The key to doing this is to observe that the pixmap compiler which is driven by the put_sprite_scaled call (OS_SpriteOp 52) can do several clever things:
a) omit colour remapping
b) omit x and/or y size remapping
c) omit itself entirely and call put_sprite (OS_SpriteOp 34) (only when a) and b) completely omitted)
BUT it can only do these things if given some helpful hints.
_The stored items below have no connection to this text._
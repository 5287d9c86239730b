//! The parts of a query that the rules speak of.
ghost use Rattle.std.specs.Prelude.{◌≡◌, ◌<◌, ◌^◌, IfOk, map};
ghost use Rattle.eql_query.specs.QueryTree.{body_tree, term_tree};
ghost use Rattle.eql_check.specs.Conditions as parts;
ghost use Rattle.eql_check.specs.Rules.{span_of as span_in};
ghost use Rattle.eql_check.specs.Entries.{terms_in};

use eql_query::{Body, FieldRef, Span, Term};
use eql_values::Memory;
use std::alloc::Global;

/// The key fields that all items share.
pub(crate) fn shared_keys(body: &Body) -> &[FieldRef]
    ensures { result.now ≡ parts.shared_keys (body_tree body.now) }
{
    match body {
        Body::Event(_) => &[],
        Body::Sequence { by, .. } => by.items(),
    }
}

/// The items in the order of the text, the until item last.
pub(crate) fn all_items(alloc: Global, body: &Body) -> Result<Vec<&Term>, Memory>
    ensures { IfOk result (λ items. terms_in items.items ≡ parts.all_items (body_tree body.now)) }
{
    let mut all = Vec::new(alloc);
    match body {
        Body::Event(term) => {
            all.push(term)?;
            Ok(all)
        }
        Body::Sequence { items, until, .. } => {
            for item in items.items() {
                all.push(item)?;
            }
            if let Some(until) = until {
                all.push(until)?;
            }
            Ok(all)
        }
    }
}

/// The greatest time from the first event of a sequence to the last.
pub(crate) fn span_of(body: &Body) -> Option<Span>
    ensures { result ≡ span_in (body_tree body.now) }
{
    match body {
        Body::Event(_) => None,
        Body::Sequence { span, .. } => *span,
    }
}

/// How many keys each item has.
pub(crate) fn key_count(body: &Body) -> usize
    ensures { result ≡ parts.key_count (body_tree body.now) }
{
    match body {
        Body::Event(_) => 0,
        Body::Sequence { by, items, .. } => by.items().len() + own_count(items.items()),
    }
}

fn own_count(items: &[Term]) -> usize
    ensures count { result ≡ parts.own_count (map term_tree items.now) }
    ensures small { result < 2 ^ 63 }
{
    match items {
        [] => 0,
        [first, ..] => first.by.items().len(),
    }
}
In order to provoke action a), you need to tell it that the pixel translation table should not be used - this can be done in the 1-1 map situation by using code such as:
FORQ%=0TO255:pixtrans%?Q%=Q%:NEXT
SYS "ColourTrans_SelectTable",m,palptr%,-1,-1,pixtrans%
spx%=-1:FORQ%=0TO255:IFpixtrans%?Q%<>Q% spx%=pixtrans%
NEXT
and then using spx% as the pixel translation table (r7) value for op 52. When spx% is -1 the pixel translation step will be omitted and this at least doubles the speed of the sprite plot.
Action b) comes from correctly specified scale factors: reduce them to the lowest terms and its happy.
Then action c) happens "as if by magic" and your sprites are plotted faster when the wind is behind them. And in any mode when it isn't. Action c) can be sped up by calling op 34 yourself having recognised that op 52 will be doing this - this avoids op 52 making several read mode variable calls.